Regardless of the medium- / long- term potentials…as such with the rates collapse lower on the day, duration sensitive equities were a large part of the equities leadership—e.g. defensives, divy yielders, low vol types like reits, utes, telcos (outside of energy sector with crude's relief rally), while mega-allocations in tech, consumer discretionary and financials were, relatively speaking, 'dead weight' and lagged index.  Of course too, the other leadership driver in stocks was the ‘reflation stuff’ that’s been ‘getting pitched’ over the past month like steels, metals & mining, oil services, E&Ps, high beta materials and industrials etc.  That stings for the majority of equity funds with regards to their current sector allocations, long ‘secular growth’ after reducing a fair bit of their 'cyclical beta'‎ / value exposure in 1Q17. Much of yesterday’s leadership was curious ‘late cycle’ stuff, which o/p ‘early cycle’ by an astounding~140bps:

Obviously, the above dynamic is especially frustrating for many equity HF's.   When you see the broad SPX tape + 0.8%, Russell 2k +1.6 and R3k‎ +0.9% but as a long / short you were only able to eek-out 40bps to 50bps simply due to you net long exposure, it stinks.  Even worse, mkt neutrals strats which simply don't work in 'gap higher' tapes. ‎

‎Bigger picture macro, the rates move spanked fixed-income shorts, while the Dollar crush crunched longs (especially against GBP, EUR and select EM).  Another “ouchy.”  And think about the initial "trump reflation" worldview themes from 4Q16 where it was Emerging Markets that was viewed as the "biggest loser"...and now is the "high flyer" (EEM +12.3% YTD) as the protectionist rhetoric is ‘walked-back’ (Navarro comments yday) and some thinking (benevolently) that US growth is soon to be the "higher water which will raise all boats."  Long EM over DM is now one of the most popular strategy calls going, FWIW.

But was yesterday really about US growth—was that really the case‎?  I'd say that in light of the recent ‘trend trades’ and positioning dynamics, a day where you see fixed-income, (long) duration-sensitives, defensives, low vol, late cycle and EM leadership ‘run higher,’ it speaks to folks looking to buy the 'stuff that's been left behind" in a classic “PM exposure grab” style, yelling to his trader "find me some cheap stuff!"  More "lottery ticket" mode than anything else, as evidenced by GDXJ (Jr Gold Miners ETF) finishing +11.5% higher on the day yesterday--a +3.1 SD-move. ALL OF THE LULZ.

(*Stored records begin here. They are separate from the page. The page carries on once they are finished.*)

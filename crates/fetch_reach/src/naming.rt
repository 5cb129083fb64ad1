//! Whether what is stored stands at its own ids.

ghost use Rattle.std.specs.Prelude.{MatchOption};
ghost use Rattle.fetch_reach.specs.Named.{AreObjects, AreOwnIds, IsFirstMisnamed};

use fetch_store::{ObjectId, Store, id_of, same_id};

/// The least stored id that isn't its object's hash. A store takes ids as they are given, so who got objects otherwise
/// than from `read_pack` asks here. It hashes all objects up to that one, and takes no memory.
pub fn first_misnamed(store: &Store) -> Option<ObjectId>
    ensures { MatchOption result (AreOwnIds store.now.objects) (λ id. IsFirstMisnamed store.now.objects id) }
{
    let mut objects = store.iter();
    while let Some((id, object)) = objects.next() {
        let own = id_of(store.kind(), object.kind(), object.bytes());
        if !same_id(&id, &own) {
            return Some(id);
        }
    }
    None
}

/// A fact about any store, which its own contract tells of one object at a time: each stored object is in the grammar of
/// its kind.
pub fn stored_objects_are_objects(store: &Store)
    ensures { AreObjects store.now.objects }
{
    let _objects = store.iter();
}
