impl<R: Net<Stream = TcpStream> + Clock + Eprint + Drop> ClusterSync<R> {
    pub(crate) fn new(
        rt: R,
        alloc: Global,
        list: ChangeList<R>,
        ends: ClusterSyncEnds,
        standing: Arc<ClusterStatus>,
    ) -> ClusterSync<R> {
        let ClusterSyncEnds {
            written,
            changes,
            orders,
        } = ends;
        ClusterSync {
            rt,
            alloc,
            list,
            written,
            changes,
            orders,
            standing,
            told: 0,
            loaded: 0,
            heard: None,
            watched: None,
        }
    }

    fn wait(&self) {
        thread::sleep(&self.rt, Duration::from_millis(WAIT_MILLIS));
    }

    /// Says which members were asked at the start, if none answered.
    fn say_asked(&self, fault: ListFault) {
        if fault != ListFault::Member(EtcdFault::NoAnswer) {
            return;
        }
        if let Ok(asked) = endpoints(self.alloc, self.list.addresses()) {
            let _ = eprintln!(self.rt;
                "cluster: no member answers at {asked}: check --cluster, and of a socket that this program's user may enter its folder; `etcdctl --endpoints {asked} endpoint status --cluster` says how members are"
            );
        }
    }

    /// Puts the handles of a text with their first values, those that were never opened.
    pub fn open_all(&mut self, opening: &[(Name, Value)]) -> Result<(), ListFault> {
        let opened = self.list.open_all(opening);
        if let Err(fault) = opened {
            self.say_asked(fault);
        }
        opened
    }

    /// Begins to read the table.
    pub fn load(&mut self) -> Result<TableLoad, ListFault> {
        let loading = self.list.load();
        if let Err(fault) = &loading {
            self.say_asked(*fault);
        }
        loading
    }

    /// Brings the next part of the table, which has to be let in before the next call. Whether there was one.
    pub fn load_part(&mut self, loading: &mut TableLoad) -> Result<bool, ListFault> {
        let Some(changes) = self.list.next_page(loading)? else {
            return Ok(false);
        };
        let number = self.list.number();
        for change in changes {
            let told = self.told_of(change)?;
            self.tell(told, number, true);
            self.note_loaded();
        }
        self.note_known();
        self.standing.note_taken(number);
        Ok(true)
    }

    /// Notes that one more handle or value was read.
    fn note_loaded(&mut self) {
        self.loaded = self.loaded.saturating_add(1);
        if self.loaded % STEP == 0 {
            let _ = eprintln!(self.rt; "cluster: {} handles and values read", self.loaded);
        }
    }

    /// Notes how many changes are known.
    fn note_known(&self) {
        self.standing
            .note_known(self.list.number(), self.list.short_sum());
    }

    /// A change that stands in the list, with the write that it makes.
    fn told_of(&self, change: DatedChange) -> Result<Told, ListFault>
        ensures write { IfOk result (λ told. write_in told.write ≡ write_at change.moment change.change) }
        ensures change { IfOk result (λ told. told.change ≡ record { moment = change.moment; change = change.change }) }
    {
        let DatedChange { moment, change } = change;
        let write = write_of_change(self.alloc, moment, &change)?;
        let change = StampedChange { moment, change };
        Ok(Told { write, change })
    }

    /// Tells a change that stands in the list, once there is room. The journal has it before the news have.
    fn tell(&mut self, told: Told, number: u64, is_last: bool) {
        for _ in 0..u64::MAX {
            if self.written.has_room() && self.changes.has_room() || self.standing.has_diverged() {
                break;
            }
            self.wait();
        }
        let Told { write, change } = told;
        let written = Written {
            write,
            number,
            is_last,
            is_own: false,
        };
        let _ = self.written.put(written);
        let _ = self.changes.put(change);
        self.told = number;
    }

    /// The changes of an entry.
    fn all_told(&self, entry: &Entry) -> Result<Vec<Told>, ListFault> {
        let mut all = Vec::new(self.alloc);
        for change in changes_of_entry(self.alloc, entry)? {
            all.push(self.told_of(change)?)?;
        }
        Ok(all)
    }

    /// Tells the changes of an entry, however long memory for that is refused.
    fn tell_entry(&mut self, entry: &Entry) -> Result<(), ListFault> {
        for _ in 0..u64::MAX {
            let all = match self.all_told(entry) {
                Ok(all) => all,
                Err(ListFault::Memory) => {
                    self.wait();
                    continue;
                }
                Err(fault) => return Err(fault),
            };
            let mut left = all.len();
            for told in all {
                left = left.saturating_sub(1);
                self.tell(told, entry.number, left == 0);
            }
            return Ok(());
        }
        Err(ListFault::Memory)
    }

    /// Brings what others changed. Whether something was there.
    fn follow(&mut self) -> Result<bool, ListFault> {
        let entries = self.list.next_entries()?;
        self.note_known();
        for entry in &entries {
            self.tell_entry(entry)?;
        }
        Ok(!entries.is_empty())
    }

    /// Says a line on standard error.
    fn say(&self, fault: ListFault) {
        let _ = eprintln!(self.rt; "cluster: {fault}");
    }

    /// For how long no member answered.
    fn silence(&mut self) -> Duration {
        let Ok(now) = Instant::now(&self.rt) else {
            return Duration::ZERO;
        };
        match self.heard {
            Some(heard) => now.saturating_duration_since(heard),
            None => {
                self.heard = Some(now);
                Duration::ZERO
            }
        }
    }

    /// Notes that a member answered.
    fn note_answer(&mut self) {
        self.heard = Instant::now(&self.rt).ok();
        if self.standing.set_cut(false) {
            let behind = self.standing.behind();
            let _ = eprintln!(self.rt; "cluster: members answer again, {behind} changes behind");
        }
    }

    /// Notes a fault. Whether the server has parted from the others.
    fn note_fault(&mut self, fault: ListFault) -> bool {
        if fault.is_final() {
            self.say(fault);
            self.standing.note_divergence();
            return true;
        }
        if self.silence() >= Duration::from_secs(SILENCE_SECONDS) && !self.standing.set_cut(true) {
            let _ = eprintln!(self.rt;
                "cluster: no member answers for {SILENCE_SECONDS} seconds: changes are answered busy, resolutions go on"
            );
        }
        false
    }

    /// Looks for what others changed. Whether something was there.
    fn look(&mut self) -> bool {
        match self.follow() {
            Ok(found) => {
                self.note_answer();
                found
            }
            Err(fault) => {
                self.list.end_watch();
                self.note_fault(fault);
                false
            }
        }
    }

    /// Begins to watch, unless a watch is there or one was begun just now. It brings nothing: it only tells when to look.
    fn watch(&mut self) {
        if self.list.has_watch() {
            return;
        }
        let Ok(now) = Instant::now(&self.rt) else {
            return;
        };
        let pause = Duration::from_secs(WATCH_SECONDS);
        if let Some(begun) = self.watched {
            if now.saturating_duration_since(begun) < pause {
                return;
            }
        }
        self.watched = Some(now);
        // without a watch others' changes are looked for more often
        let _ = self.list.watch();
    }

    /// Looks since it is time, and sees that a watch is there. One that didn't tell what was found is over.
    fn look_in_time(&mut self) {
        let is_told = self.list.poll_watch();
        let found = self.look();
        if found && !is_told && self.list.is_watched() {
            self.list.end_watch();
        }
        self.watch();
    }

    /// After how many short waits it is time to look, though no watch tells so.
    fn waits(&self) -> u32 {
        if self.list.is_watched() && !self.standing.has_diverged() {
            WAITS_WATCHED
        } else {
            WAITS
        }
    }

    /// The message of a change that makes the write, and the change, if the message reads as this very write.
    fn message_of(&self, write: &OwnedWrite) -> Result<Option<(DatedMessage, Change)>, ListFault>
        ensures { IfOk result (λ found. IfSome found (λ put. IsOfWrite (write_in write.now) put.0)) }
    {
        let named = write.as_write();
        let moment = moment_of(&named);
        let change = change_of_write(self.alloc, &named)?;
        let Some(message) = message_of_change(self.alloc, moment, &change)? else {
            return Ok(None);
        };
        let read = change_of_message(self.alloc, message.message.as_slice())?;
        if write_of_change(self.alloc, message.moment, &read)?.is(&named) {
            Ok(Some((message, change)))
        } else {
            Ok(None)
        }
    }

    /// The write as it is put, if its message reads as the same write.
    fn put_of(&mut self, write: &OwnedWrite) -> Result<Option<PreparedPut>, ListFault>
        ensures { IfOk result (λ found. IfSome found (λ put. PutsWrite self.old.list.name.items self.old.list.chain (write_in write.now) put.nonce put.behind (string_bytes put.text))) }
    {
        match self.message_of(write)? {
            Some((message, change)) => Ok(Some(self.list.put_of(message, &change)?)),
            None => Ok(None),
        }
    }

    /// Sends a change until it is known what became of it. Whether it stands in the list.
    fn send(&mut self, put: &PreparedPut) -> bool {
        for sent in 0..u64::MAX {
            let fault = match self.list.send(put) {
                Ok(answer) => {
                    self.note_answer();
                    return answer == PutResult::Made;
                }
                Err(fault) => fault,
            };
            if sent == 0 && is_refusal(fault) {
                self.say(fault);
                return false;
            }
            if self.note_fault(fault) {
                return false;
            }
            self.standing.note_resent();
            for _ in 0..WAITS_AGAIN {
                self.wait();
            }
        }
        false
    }

    /// Puts a write behind what was told. Whether it stands there.
    fn put(&mut self, write: &OwnedWrite) -> bool {
        match self.put_of(write) {
            Ok(Some(put)) => {
                let is_made = self.send(&put);
                if !is_made {
                    let _ = self.look();
                }
                is_made
            }
            Ok(None) => false,
            Err(fault) => {
                self.note_fault(fault);
                false
            }
        }
    }

    /// Puts what is ordered, and tells what became of it.
    fn serve(&mut self, order: Order) {
        let Order {
            write,
            number,
            ended,
        } = order;
        let is_next = number == self.told && !self.standing.has_diverged();
        if is_next && self.put(&write) {
            let number = self.list.number();
            let written = Written {
                write,
                number,
                is_last: true,
                is_own: true,
            };
            // all that was told was taken before this was ordered, so there is room
            let _ = self.written.put(written);
            self.told = number;
            self.note_known();
        } else {
            self.standing.note_refusal();
        }
        ended.store(true, SeqCst);
    }

    /// Waits until something is ordered, or until it is time to look. The server is woken as long as it hasn't taken all that it was told.
    fn rest<W: WakeServer>(&mut self, waking: &W) {
        waking.wake();
        for _ in 0..self.waits() {
            let is_due = self.list.poll_watch() && !self.standing.has_diverged();
            if is_due || self.orders.has_item() {
                return;
            }
            if self.standing.behind() > 0 {
                waking.wake();
            }
            self.wait();
        }
    }

    /// Keeps the server beside the others. Once it has parted from them it refuses what is ordered.
    pub fn keep<W: WakeServer + Drop>(mut self, waking: W) {
        for _ in 0..u64::MAX {
            match self.orders.take() {
                Some(order) => self.serve(order),
                None if self.standing.has_diverged() => waking.end(),
                None => self.look_in_time(),
            }
            self.rest(&waking);
        }
    }
}
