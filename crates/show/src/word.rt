// Tokens by name. Every writer counts its letters and stores those that fit.
ghost use Rattle.std.specs.Prelude.{◌≡◌, true, ◌+◌, ◌*◌, ◌^◌, ◌≤◌, ◌<◌, ◌++◌, length};
ghost use Rattle.expr.specs.declared.File.TheVariants.{Trace};
ghost use Rattle.expr.specs.Token.{operand_count};
ghost use Rattle.expr.specs.Expr.{below, reads_only, parse};
ghost use Rattle.expr.specs.Shown.{is_whole, tokens_of};
ghost use Rattle.trace.specs.Shown.{symbol_room};
ghost use Rattle.write.specs.Splice.{Wrote};
ghost use Rattle.write.specs.Ascii.{ascii};
ghost use Rattle.show.specs.Text.{unary_name, binary_name, token_text, kind_name, expr_text, refusal_text};

use expr::File;
use expr::token::{Token, Tokens};
use expr::word::{Binary, Unary};
use file::Kind;

// The refusal's line, from the buffer's first byte.
pub fn put_refusal(reply: u32, offset: u32, out: &mut [u8]) -> usize
    ensures { Wrote out.old 0 (refusal_text reply offset) out.new result × (result ≤ 33) }
{
    let a = write::fit_part(b"refused ", out, 0);
    let b = write::fit_decimal(reply, out, a);
    let c = write::fit_part(b" at ", out, b);
    let d = write::fit_decimal(offset, out, c);
    write::fit_part(b"\n", out, d)
}

// A test's kind, after a space.
pub fn put_kind(kind: Kind, out: &mut [u8], at: usize) -> usize
    requires { at + 7 < 2 ^ 64 }
    ensures { Wrote out.old at (ascii " " ++ ascii (kind_name kind)) out.new result × (result ≤ at + 7) }
{
    match kind {
        Kind::Assume => write::fit_part(b" assume", out, at),
        Kind::Assert => write::fit_part(b" assert", out, at),
        Kind::Bound => write::fit_part(b" bound", out, at),
    }
}

// An operator's name.
fn unary_name(o: Unary) -> &'static [u8]
    ensures { result.now ≡ ascii (unary_name o) }
{
    match o {
        Unary::Not => b"not",
        Unary::Neg => b"neg",
        Unary::Zero => b"zero",
    }
}

fn binary_name(o: Binary) -> &'static [u8]
    ensures { result.now ≡ ascii (binary_name o) }
{
    match o {
        Binary::Add => b"add",
        Binary::Sub => b"sub",
        Binary::Mul => b"mul",
        Binary::Udiv => b"udiv",
        Binary::Urem => b"urem",
        Binary::And => b"and",
        Binary::Or => b"or",
        Binary::Xor => b"xor",
        Binary::Shl => b"shl",
        Binary::Lshr => b"lshr",
        Binary::Equal => b"equal",
        Binary::Ult => b"ult",
        Binary::Slt => b"slt",
        Binary::Ule => b"ule",
    }
}

// A token, after a space. None has more letters than six for each of its bytes.
fn put_token(t: Token, out: &mut [u8], at: usize) -> usize
    requires { (reads_only (below symbol_room) t ≡ true) × (at + 6 * (1 + operand_count Trace t) < 2 ^ 64) }
    ensures { Wrote out.old at (ascii " " ++ token_text t) out.new result × (result ≤ at + 6 * (1 + operand_count Trace t)) }
{
    let a = write::fit_byte(b' ', out, at);
    match t {
        Token::Const(w) => write::fit_decimal(w, out, a),
        Token::Symbol(s) => {
            let b = write::fit_byte(b's', out, a);
            write::fit_decimal(s as u32, out, b)
        }
        Token::Un(o) => write::fit_part(unary_name(o), out, a),
        Token::Bin(o) => write::fit_part(binary_name(o), out, a),
        Token::Ite => write::fit_part(b"ite", out, a),
    }
}

// A whole expression, each token after a space.
pub fn put_tokens(e: &[u8], out: &mut [u8], at: usize) -> usize
    requires { (is_whole (parse Trace (below symbol_room) e.now) ≡ true) × (at + 6 * length e.now < 2 ^ 64) }
    ensures { Wrote out.old at (expr_text (tokens_of (parse Trace (below symbol_room) e.now))) out.new result
        × (result ≤ at + 6 * length e.now) }
{
    let mut to = at;
    for t in Tokens::new(e, File::Trace) {
        to = put_token(t, &mut *out, to);
    }
    to
}
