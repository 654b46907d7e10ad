// The text of a slice, as the slice printer gives it.
#![tactic(auto)]

mod line;
mod word;

ghost use Rattle.std.specs.Prelude.{◌≡◌, ℕ, true, ◌≤◌, ◌<◌, ◌^◌, List, length};
ghost use Rattle.std.specs.Result.{IfErr};
ghost use Rattle.file.specs.Shown.{reply_of, is_accepted};
ghost use Rattle.trace.specs.Trace.{read_trace};
ghost use Rattle.write.specs.Shown.{written};
ghost use Rattle.slice.specs.Answer.{slice_answer};
ghost use Rattle.show.specs.Text.{refusal_text, trace_text, sliced_text};
ghost use Rattle.show.specs.Answer.{SliceShown};
ghost use Rattle.show.specs.Shown.{Puts, Counts, Fitted};

use file::{Reason, Refusal};
pub use write::Written as Answer;

// Room for any trace.
fn room() -> [u8; 65535]
    ensures { length result ≡ 65535 }
{
    [0; 65535]
}

// A text, by what writes it into a buffer and counts its letters. It is measured before the first letter is written.
fn show_text<W: Fn(&mut [u8]) -> usize>(put: W, out: &mut [u8]) -> Result<u32, Refusal>
    requires callable { W.IsAlwaysCallable put }
    requires short { Counts (W.post put) (2 ^ 32) }
    ensures text { (text : List ℕ) → Puts (W.post put) text → Fitted text out.old out.new (written result) }
    ensures small { IfErr result (λ why. why.offset < 2 ^ 32) }
{
    let mut one: [u8; 1] = [0; 1];
    let size = put(&mut one);
    if out.len() < size {
        return Err(Reason::ShortBuffer.into());
    }
    Ok(put(out) as u32)
}

// The text of a refusal.
fn show_refusal(why: Refusal, out: &mut [u8]) -> Result<u32, Refusal>
    requires { why.offset < 2 ^ 32 }
    ensures text { Fitted (refusal_text (reply_of why.reason) why.offset) out.old out.new (written result) }
    ensures small { IfErr result (λ why. why.offset < 2 ^ 32) }
{
    let reply = u32::from(why.reason);
    let offset = why.offset as u32;
    show_text(|b: &mut [u8]| word::put_refusal(reply, offset, b), out)
}

// The text of an accepted trace.
fn show_trace(trace: &[u8], out: &mut [u8]) -> Result<u32, Refusal>
    requires { is_accepted (read_trace trace.now) ≡ true }
    ensures text { Fitted (trace_text (read_trace trace.now)) out.old out.new (written result) }
    ensures small { IfErr result (λ why. why.offset < 2 ^ 32) }
{
    show_text(|b: &mut [u8]| line::put_slice(trace, b), out)
}

// The text of the slice of an accepted trace.
fn show_sliced(trace: &[u8], out: &mut [u8]) -> Result<u32, Refusal>
    requires { (is_accepted (read_trace trace.now) ≡ true) × (length trace.now ≤ 65535) }
    ensures text { Fitted (sliced_text (slice_answer trace.now 65535)) out.old out.new (written result) }
    ensures small { IfErr result (λ why. why.offset < 2 ^ 32) }
{
    let mut kept = room();
    let s = slice::slice_trace(trace, &mut kept);
    let n = s.length as usize;
    show_trace(&kept[..n], out)
}

// The length of a text that is written, or why there is none.
fn try_show(input: &[u8], out: &mut [u8]) -> Result<u32, Refusal>
    ensures text { SliceShown input.now out.old out.new (written result) }
    ensures small { IfErr result (λ why. why.offset < 2 ^ 32) }
{
    if input.is_empty() {
        return show_refusal(Reason::Short.into(), out);
    }
    let mut trace = room();
    match unwind::try_write(&input[1..], u64::from(input[0]), &mut trace) {
        Ok(n) => show_sliced(&trace[..n as usize], out),
        Err(why) => show_refusal(why, out),
    }
}

// The slice of a rule under a bound, as text: from K as one byte and then the table.
pub fn show_slice(input: &[u8], out: &mut [u8]) -> Answer
    ensures { SliceShown input.now out.old out.new result }
{
    Answer::of(try_show(input, out))
}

As far as the current framework / narrative we’ve been operating under since midyear ’16, it shouldn't be lost on anybody that this wasn't a “higher growth = higher nominal rates = equities rally" which has obviously been the story of all global markets since secular lows for rates were put in last summer.  It was instead an ‘easier conditions,’ central bank driven rally of old QE-era.  As described above, this felt a lot more like “...greedy, not growth-y.”  

I think there's an important message in there.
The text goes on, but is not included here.